Bir tarifini yapmak gerekirse; “Başa gelen musibetlerden dolayı Allah’tan başka kimseye şikayetçi olmamak, yakınmamak, sızlanmamak, nefse ağır gelen ve hoşa gitmeyen şeyler karşısında dünya ve ahiret yararını düşünerek, rûhi dengeyi bozmamak için insanın kalbinde bulunmakta olan sükûnet ve dayanma gücü demektir. Kur’an’da 70’ten fazla ayette geçmektedir. Diğer ahlâki faziletlere de kaynaklık etmesi sebebiyledir ki Kur’an’da müminlere ısrarla sabırlı olmaları emrolunmuştur. (Kehf 28)”[3]
"Sabır “nefsi telâştan, dili şikâyetten, organları çirkin davranışlardan koruma, nimet haliyle mihnet hali arasında fark gözetmeyip her iki durumda sükûnetini muhafaza etme, Allah’tan başkasına şikâyette bulunmama” şeklinde de tarif edilmiştir. Gazzâlî sabrı “din duygusunun nefsânî arzu ve tutkuların baskısına karşı direnç göstermesi” diye tanımlar (İḥyâʾ, IV, 63). Bu tanım sonraki kaynaklarda da tekrar edilmiştir (meselâ bk. İbn Kayyim el-Cevziyye, s. 16)."[4]
Sabır kavramınının önemini daha iyi anlamak için Allah Tealâ’nın bir Esmasının da “Es-Sabûr” olduğunu ve Peygamberlere de sabrı emrettiğini burada zikretmekte fayda var. “Sabûr” çokça sabreden anlamına gelir. O’nun sabrı kullarının sabrı ile elbette kıyas edilemeyecek şekilde farklıdır. O, kullarının bütün isyan ve tuğyanlarını bildiği ve gördüğü halde onlara hemen ceza vermez. Cezalarını ahirete erteliyor ve onlara nimetlerini vermeye devam ediyor.[5]
Peygamberler de kavimlerine sabrı ‘emir ve tavsiye’ etmişlerdir:
Hz. Musa kavmine “Allah’tan yardın dileyin ve sabredin.” (A’raf 28)
Hz. Lokman oğluna “Yavrucuğum namazı kıl, doğru olanı emret, kötülükten sakındır, başına gelecek belalara sabırla katlan.” (Lokman 17)
Hz. Peygamber’de müminlere “(Başına gelen belalara karşı) sabret, senin sabrın ancak Allah’ın yardımıyladır.” (Nahl 127)

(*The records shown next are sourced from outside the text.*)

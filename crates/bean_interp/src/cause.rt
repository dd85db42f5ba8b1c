//! Why a transaction can't be weighed or completed.
ghost use Rattle.std.specs.Prelude.{◌≡◌};
ghost use Rattle.bean_interp.specs.Causes.{of_weighing};

use refusals::{Cause, Refusal};
use thiserror::Error;

/// Why legs can't be weighed.
#[derive(Clone, Copy, Debug, Drop, PartialEq, Eq, Error)]
pub enum WeighCause {
    /// A weight, a sum of weights or an amount that is due.
    #[error("F17 too wide")]
    TooWide,
}

impl Cause for WeighCause {
    ghost use Rattle.bean_interp.specs.Causes as rule;

    ghost code_of = { rule.weighing_code };

    ghost place_of = { rule.weighing_place };

    fn code(&self) -> &'static str {
        match self {
            WeighCause::TooWide => "F17",
        }
    }

    fn place(&self) -> Option<usize> {
        None
    }
}

/// Why a transaction can't be completed.
#[derive(Clone, Copy, Debug, Drop, PartialEq, Eq, Error)]
pub enum CompletionCause {
    /// Two legs lack an amount, two a number of one currency, or one the one and one the other.
    #[error("F11 several missing amounts")]
    LackTooMuch,
    /// A weight, a sum of weights or an amount that is due.
    #[error("F17 too wide")]
    TooWide,
}

impl Cause for CompletionCause {
    ghost use Rattle.bean_interp.specs.Causes as rule;

    ghost code_of = { rule.completion_code };

    ghost place_of = { rule.completion_place };

    fn code(&self) -> &'static str {
        match self {
            CompletionCause::LackTooMuch => "F11",
            CompletionCause::TooWide => "F17",
        }
    }

    fn place(&self) -> Option<usize> {
        None
    }
}

/// What keeps legs from being weighed keeps them from being completed.
pub fn completion_refusal(refusal: Refusal<WeighCause>) -> Refusal<CompletionCause>
    ensures { result ≡ of_weighing refusal }
{
    match refusal {
        Refusal::OutOfMemory => Refusal::OutOfMemory,
        Refusal::Refused(WeighCause::TooWide) => Refusal::Refused(CompletionCause::TooWide),
    }
}
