//! Legs: the postings of a transaction, as its completion sees them.
ghost use Rattle.std.specs.Prelude.{◌≤◌};

use bean_base::{Amount, Currency};
use bean_lots::Cost;

/// What units are worth in their transaction.
#[derive(Drop, PartialEq, Eq)]
pub enum Worth<'a> {
    /// The units themselves.
    Units,
    /// So much for each unit, of the lot that they are held as. A price beside it says nothing.
    Cost(Cost<'a>),
    /// So much for each unit.
    PerUnit(Amount<'a>),
    /// So much for all units, with their sign.
    Total(Amount<'a>),
}

/// A leg whose units are known.
#[derive(Drop, PartialEq, Eq)]
pub struct Whole<'a> {
    pub units: Amount<'a>,
    /// How many decimals the number has that is written for the units: 0 where none is written, and
    /// for each take of a reduction those of the reduction's number.
    pub decimals: u8,
    pub worth: Worth<'a>,
    ghost few: { decimals ≤ 8 },
}

/// A posting of a transaction: with its units, or what it takes to balance the others.
#[derive(Drop, PartialEq, Eq)]
pub enum Leg<'a> {
    Whole(Whole<'a>),
    /// It takes what is lacking in this currency.
    MissingNumber(Currency<'a>),
    /// It takes all that is lacking.
    MissingAmount,
}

Adı sabırla birlikte anılan Hz. Eyüp için ise şöyle buyurulur: “Gerçekten biz onu sıkıntılara karşı sabırlı bulduk. O ne güzel bir kuldu. Doğrusu o, tam bir teslimiyet ve samimiyetle sürekli Allah’a yönelir dururdu. (Sâd 44)
“Biz de onun duasını kabul buyurduk; bütün dert ve sıkıntılarını giderdik, katımızdan bir rahmet ve bize kulluk yapanlara bir ders olmak üzere ona aile efradını ve bir o kadarını daha bağışladık.” (Enbiya 84)

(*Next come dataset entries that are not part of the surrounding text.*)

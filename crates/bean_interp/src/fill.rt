//! The amounts that legs take.

use bean_base::Amount;

/// An amount that a leg takes.
#[derive(Drop, PartialEq, Eq)]
pub struct Fill<'a> {
    /// The leg's number, from 0.
    pub leg: usize,
    pub amount: Amount<'a>,
}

Sabır halkın dilinde pasif bir söylemi ifade etse de aslında bütün varyantlarıyla bir ahlâki duruşu,[6] bir aktif direnişi,[7] bir eylemlilik halini[8] ifade eder.
"Sabrın dinî hükmü, yani fazilet sayılıp sayılmaması katlanılan sıkıntının mahiyetine göre değişir. Meselâ haramlardan uzak durmada ve dinî görevlerin ifasında tahammül gösterme şeklindeki sabır farz; dinen mekruh olandan uzak durma şeklindeki sabır mendup; can, mal ve namusunun saldırıya uğraması karşısında, ayrıca gereksiz yere açlığa, susuzluğa katlanma anlamındaki sabır haram; bedenine zarar verecek derecedeki acılara katlanma şeklindeki sabır mekruh; dinen yapılmasında bir sakınca olmayan konularda sabır göstermek de mubahtır (Gazzâlî, IV, 69; İbn Kayyim el-Cevziyye, s. 30-31)."[9]

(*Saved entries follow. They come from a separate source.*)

//! What a command has to say once it is done, and how that is carried out: what becomes of it where a write or a save fails.

ghost use Rattle.std.specs.Prelude.{◌≡◌, [], IfErr, IfOk, OnOk, Ok, map};
ghost use Rattle.cml_host.specs.Replies.{AreSaved, GivesUp, HasSavedSome, IsCarriedOut, IsKept, IsSaid, TellsUnsaved, file, gives, passage, plain_file, plain_of, plain_refusal, plain_reply};
ghost use Rattle.cml_host.specs.{Stores.{Shelf}, Written.{cannot_write}};

use crate::output::{tell, write_both, write_text};
use crate::reason::{Reason, with_why};
use crate::refusal::Refusal;
use crate::store::Store;
use cml_stream::Counting;
use std::alloc::{AllocError, Global};
use std::io::Write;
use thiserror::Error;

/// A file that a command saves once it is done.
#[derive(Drop)]
pub struct File {
    /// The name under which it is saved.
    pub name: String,
    /// What is saved.
    pub bytes: Vec<u8>,
    /// What is told where it can't be.
    pub refused: String,
    /// Whether it is told then why.
    pub explains: bool,
}

/// What a command gives once it is done.
#[derive(Drop)]
pub struct Reply {
    /// What is written to the output.
    pub output: Vec<u8>,
    /// The files that are saved then.
    pub files: Vec<File>,
    /// What is said to the errors then.
    pub words: Vec<u8>,
    /// The status where all that was done.
    pub status: u8,
}

// The file that was not saved, by how many were before it, and why.
#[derive(Clone, Copy, Debug, Error)]
#[error("a file can't be saved")]
struct Unsaved {
    count: usize,
    why: Option<Reason>,
}

/// What there is to save under this name, and what is told where that can't be, and why, where that is explained.
///
/// # Errors
/// Out of memory.
pub fn new_file(
    alloc: Global,
    explains: bool,
    name: &str,
    bytes: Vec<u8>,
) -> Result<File, AllocError>
    ensures { IfOk result (λ f. plain_file f ≡ file explains name.now bytes.items) }
{
    let refused = format!(in alloc; "cannot write {name}\n")?;
    let name = String::from_str(alloc, name)?;
    Ok(File {
        name,
        bytes,
        refused,
        explains,
    })
}

/// A text for the output, and nothing else.
pub fn text_reply(alloc: Global, output: Vec<u8>) -> Reply
    ensures { plain_of result ≡ gives output.items }
{
    Reply {
        output,
        files: Vec::new(alloc),
        words: Vec::new(alloc),
        status: 0,
    }
}

/// Carries out what a command gives, behind its output so far, or says why it gives nothing; and returns the status. The output is written,
/// then each file is saved, and then it is said what there is to say. After a write of the output that failed nothing is saved, and after a
/// file that can't be saved no other one is; the errors tell that.
pub fn carry_out<O: Write, E: Write, S: Store>(
    alloc: Global,
    so_far: &str,
    made: &Result<Reply, Refusal>,
    out: &mut Counting<'_, O>,
    err: &mut Counting<'_, E>,
    store: &mut S,
) -> u8
    ensures carried { let output = passage O.contents out.old out.new in
        let errors = passage E.contents err.old err.new in
        let shelf : Shelf = record { before = S.holds store.old; after = S.holds store.new } in
        IsCarriedOut (plain_reply so_far.now made.now) output errors shelf result }
    ensures same_out { out.new.stream.ghost_name ≡ out.old.stream.ghost_name }
    ensures same_err { err.new.stream.ghost_name ≡ err.old.stream.ghost_name }
{
    match made {
        Ok(reply) => give(alloc, so_far, reply, out, err, store),
        Err(why) => give_up(so_far, why, out, err),
    }
}

// Writes the output, saves the files and says what there is to say.
fn give<O: Write, E: Write, S: Store>(
    alloc: Global,
    so_far: &str,
    reply: &Reply,
    out: &mut Counting<'_, O>,
    err: &mut Counting<'_, E>,
    store: &mut S,
) -> u8
    ensures carried { let output = passage O.contents out.old out.new in
        let errors = passage E.contents err.old err.new in
        let shelf : Shelf = record { before = S.holds store.old; after = S.holds store.new } in
        IsCarriedOut (plain_reply so_far.now (Ok reply.now)) output errors shelf result }
    ensures same_out { out.new.stream.ghost_name ≡ out.old.stream.ghost_name }
    ensures same_err { err.new.stream.ghost_name ≡ err.old.stream.ghost_name }
{
    match write_both(out, so_far.as_bytes(), reply.output.as_slice()) {
        Ok(()) => keep(alloc, reply, err, store),
        Err(_) => tell_broken(err),
    }
}

// Writes the output so far, and says why there is no more.
fn give_up<O: Write, E: Write>(
    so_far: &str,
    why: &Refusal,
    out: &mut Counting<'_, O>,
    err: &mut Counting<'_, E>,
) -> u8
    ensures carried { let output = passage O.contents out.old out.new in
        let errors = passage E.contents err.old err.new in
        GivesUp (plain_refusal so_far.now why.now) output errors result }
    ensures same_out { out.new.stream.ghost_name ≡ out.old.stream.ghost_name }
    ensures same_err { err.new.stream.ghost_name ≡ err.old.stream.ghost_name }
{
    match write_text(out, so_far.as_bytes()) {
        Ok(()) => tell_refusal(why, err),
        Err(_) => tell_broken(err),
    }
}

/// Says why a command goes no further, and returns the status.
pub fn tell_refusal<E: Write>(why: &Refusal, err: &mut Counting<'_, E>) -> u8
    ensures said { let errors = passage E.contents err.old err.new in
        IsSaid (plain_refusal [] why.now).words errors }
    ensures status { result ≡ (plain_refusal [] why.now).status }
    ensures same_err { err.new.stream.ghost_name ≡ err.old.stream.ghost_name }
{
    match why {
        Refusal::Told(told, status) => {
            tell(err, told.as_slice());
            *status
        }
        Refusal::Line(line, status) => {
            tell(err, line.as_bytes());
            *status
        }
        Refusal::Memory => {
            tell(err, b"memory\n");
            5
        }
    }
}

// Says that a write of the output failed.
fn tell_broken<E: Write>(err: &mut Counting<'_, E>) -> u8
    ensures said { let errors = passage E.contents err.old err.new in
        IsSaid cannot_write errors }
    ensures status { result ≡ 1 }
    ensures same_err { err.new.stream.ghost_name ≡ err.old.stream.ghost_name }
{
    tell(err, b"cannot write output\n");
    1
}

// Saves the files and says what there is to say, behind the output.
fn keep<E: Write, S: Store>(
    alloc: Global,
    reply: &Reply,
    err: &mut Counting<'_, E>,
    store: &mut S,
) -> u8
    ensures kept { let errors = passage E.contents err.old err.new in
        let shelf : Shelf = record { before = S.holds store.old; after = S.holds store.new } in
        IsKept (plain_of reply.now) errors shelf result }
    ensures same_err { err.new.stream.ghost_name ≡ err.old.stream.ghost_name }
{
    let files = reply.files.as_slice();
    match save_all(files, store) {
        Ok(()) => {
            tell(err, reply.words.as_slice());
            reply.status
        }
        Err(unsaved) => {
            tell_unsaved(alloc, &files[unsaved.count], unsaved.why, err);
            1
        }
    }
}

// Saves the files, one after another.
fn save_all<S: Store>(files: &[File], store: &mut S) -> Result<(), Unsaved>
    ensures ok { OnOk result (AreSaved (map plain_file files.now) (S.holds store.old) (S.holds store.new)) }
    ensures err { IfErr result (λ unsaved. HasSavedSome (map plain_file files.now) unsaved.count (S.holds store.old) (S.holds store.new)) }
{
    for count in 0..files.len() {
        let file = &files[count];
        match store.save(file.name.as_str(), file.bytes.as_slice()) {
            Ok(()) => {}
            Err(fault) => return Err(Unsaved {
                count,
                why: fault.reason(),
            }),
        }
    }
    Ok(())
}

// Says that the file can't be saved, and why, where that is explained and there is memory to say it.
fn tell_unsaved<E: Write>(
    alloc: Global,
    file: &File,
    why: Option<Reason>,
    err: &mut Counting<'_, E>,
)
    ensures said { let errors = passage E.contents err.old err.new in
        TellsUnsaved (plain_file file.now) errors }
    ensures same_err { err.new.stream.ghost_name ≡ err.old.stream.ghost_name }
{
    let line = file.refused.as_bytes();
    match with_why(alloc, line, file.name.as_str(), file.explains, why) {
        Ok(told) => tell(err, told.as_slice()),
        Err(AllocError) => tell(err, line),
    }
}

“Musibet ve belalar karşısında dayanıklılık ve kararlılık şeklinde ortaya çıkması gereken sabır eylemi, ne yazık ki çarpıtılarak, tahrif edilerek güçsüz olanın güçlü karşısında hakkını korumaması, hakkından vazgeçmesi olarak anlaşılmıştır. Bu anlayış, birtakım zorbaların servet ve güçlerini kullanarak toplum üzerinde otorite kurmalarına, insanlar üzerinde söz sahibi ve egemen olmalarına, onların ekonomik güçlerini sömürürken, düşünce hürriyetlerini de ellerinden alarak, kendilerini kul ve köle haline getirmelerine sebebiyet vermiştir. Ezilen, sömürülen ve güçsüzleştirilen bu insanlar, kendilerine yapılan bunca kötülük karşısında susmayı tercih ederlerken bunu bir sabır anlayışı içerisinde yapmışlar, böylece istikbarın oluşmasına ve müstekbirlerin zulümlerinin devamına yardımcı olmuşlardır… Sabır kavramının yanlış anlaşılmasından dolayı bugün de tağutlar yeryüzünde istikbarlarını, fesat ve zulümlerini devam ettirmektedirler. Tağutların ve tağuti sistemlerin yok olabilmesi ancak sabrın anlaşılabilmesi ve sabrı kuşanan mücadele erlerinin çoğalmasıyla mümkün olacaktır.”[10]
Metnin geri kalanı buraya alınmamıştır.